Large scale, robust, and accurate whole transcriptome profiling from clinical formalin-fixed paraffin-embedded samples.
Author(s): Newton Y, Sedgewick AJ, Cisneros L, Golovato J, Johnson M, Szeto CW, Rabizadeh S, Sanborn JZ, Benz SC, Vaske C
Publication: Sci Rep, 2020, Vol. 10, Page 17597
PubMed ID: 33077815 PubMed Review Paper? No
Purpose of Paper
This paper investigated whether whole transcriptome profiling of formalin-fixed, paraffin-embedded (FFPE) specimens is replicable by comparing results between case-matched FFPE and frozen specimens, macro- and micro-dissected FFPE specimens, extraction replicates, library preparation replicates and replicates processed at two different laboratories. Additionally, data generated in this study using ribo-depleted RNA from 3,115 FFPE specimens was compared to data obtained from poly-A selected RNA from frozen and FFPE specimens in The Cancer Genome Atlas (TCGA) cohort.
Conclusion of Paper
RNA sequencing replicability was affected by transcript integrity numbers (TIN), GC content, fragment size, and exome coverage; with few exceptions, correlations between case-matched pairs (different sequencing labs, library replicates, replicate extractions, or macro- versus micro-dissected specimens) were very strong (r>0.95). Importantly, in all cases, replicate specimens were more similar to their case-matched specimen than to specimens from other patients.
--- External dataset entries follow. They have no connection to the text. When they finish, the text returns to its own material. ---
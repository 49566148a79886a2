//! How many entries have which number.
ghost use Rattle.std.specs.Prelude.{◌≡◌, ◌+◌, ◌-◌, ◌<◌, ◌||◌, IsTrue, Option, Some, ℤ, nat_le};
ghost use Rattle.std.specs.List.{list_all};
ghost use Rattle.std.specs.Map.{keys_of};
ghost use Rattle.pp_kind.specs.Gates.{passes};
ghost use Rattle.pp_log_shared.specs.Numbers.{amount, is_number, none_counted, one_if};

use indexmap::IndexMap;
use pp_kind::Gate;
use std::alloc::Global;
use std::marker::Model;

/// How many entries have each number, and how many they are. Contracts see the numbers, each with
/// how many have it.
#[derive(Drop)]
pub struct Tally {
    counts: IndexMap<i128, usize>,
    size: usize,
}

impl Model for Tally {
    ghost use Rattle.pp_log_shared.specs.Numbers.{Counted};

    ghost Value = { Counted };

    ghost view = { λ a. record { numbers = a.counts.entries; size = a.size } };
}

impl Tally {
    /// No entry. It takes no memory.
    pub fn new(alloc: Global) -> Self
        ensures { result ≡ none_counted }
    {
        Tally {
            counts: IndexMap::new(alloc),
            size: 0,
        }
    }

    /// Whether there is no entry.
    pub fn is_empty(&self) -> bool
        ensures { IsTrue result → self.now ≡ none_counted }
    {
        self.size == 0 && self.counts.is_empty()
    }

    /// How many have a number.
    fn count(&self, number: i128) -> usize
        ensures { result ≡ amount (Some number) self.now }
    {
        self.counts.get(&number).copied().unwrap_or(0)
    }

    /// Counts one more. False says that memory ran out, or that there are too many.
    pub fn add(&mut self, number: i128) -> bool
        ensures { IsTrue result → (q : Option ℤ) →
            amount q self.new ≡ amount q self.old + one_if (is_number q number) }
    {
        let Some(more) = self.count(number).checked_add(1) else {
            return false;
        };
        let Some(size) = self.size.checked_add(1) else {
            return false;
        };
        let Ok(_) = self.counts.insert(number, more) else {
            return false;
        };
        self.size = size;
        true
    }

    /// Counts one less, of those that have a number. A number that none has is left out.
    pub fn take(&mut self, number: i128)
        ensures { (q : Option ℤ) →
            amount q self.new ≡ amount q self.old - one_if (is_number q number) }
    {
        self.size = self.size.saturating_sub(1);
        if let Some(count) = self.counts.get_mut(&number) {
            if *count > 1 {
                *count -= 1;
                return;
            }
        }
        self.counts.swap_remove(&number);
    }

    /// Whether each number passes.
    fn each_passes(&self, gate: Gate) -> bool
        ensures { result ≡ list_all (passes gate) (keys_of self.now.numbers) }
    {
        self.counts.keys().all(|number| gate.passes(*number))
    }

    /// Whether each number passes, unless some own ones among the entries are all that have it.
    fn each_passes_or_is_own(&self, own: &Tally, gate: Gate) -> bool
        ensures { result ≡ list_all
            (λ e. passes gate e.0 || nat_le e.1 (amount (Some e.0) own.now)) self.now.numbers }
    {
        self.counts.iter().all(|(number, count)| gate.passes(*number)
            || *count <= own.count(*number))
    }

    /// Whether each number passes that others than the owner have. It walks over the numbers only
    /// if there are others, and the gate has a bound.
    pub fn others_pass(&self, own: &Tally, gate: Gate) -> bool
        ensures { IsTrue result → own.now.size < self.now.size → (n : ℤ) →
            amount (Some n) own.now < amount (Some n) self.now → IsTrue (passes gate n) }
    {
        if self.size <= own.size {
            return true;
        }
        match gate {
            Gate::Open => true,
            Gate::Shut => false,
            Gate::Unless(number) => self.count(number) <= own.count(number),
            // Usually all of them pass, and then their owners do not matter.
            _ => self.each_passes(gate) || self.each_passes_or_is_own(own, gate),
        }
    }
}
Compared with case-matched frozen OCT-embedded specimens, FFPE specimens had shorter RNA fragments, higher GC content, and lower transcript integrity, but comparable transcriptome coverage. Oddly, the mapping rate was higher for FFPE specimens, which the authors attributed to the shorter fragment sizes and higher fraction of ribosomal reads. The median correlation between FFPE and case-matched frozen OCT-embedded specimens was 0.954, which was slightly lower than for macro- versus micro-dissected case-matched FFPE pairs. The correlation between matched FFPE and frozen OCT-embedded specimens depended on TIN, GC content, and template length, particularly in the FFPE specimen. Moderate systematic differences in coverage consistency between case-matched FFPE and frozen OCT-embedded specimens were observed. The per-gene TIN curves of frozen specimens were unimodal, but a bimodal distribution was observed for FFPE specimens, with more genes having low TIN. Zinc finger proteins were among the genes that tended to have low TIN in FFPE specimens. Nevertheless, while differences between case-matched FFPE and frozen specimens were larger than between microdissected and macrodissected replicates, pairs were more similar to each other than to specimens collected from other patients.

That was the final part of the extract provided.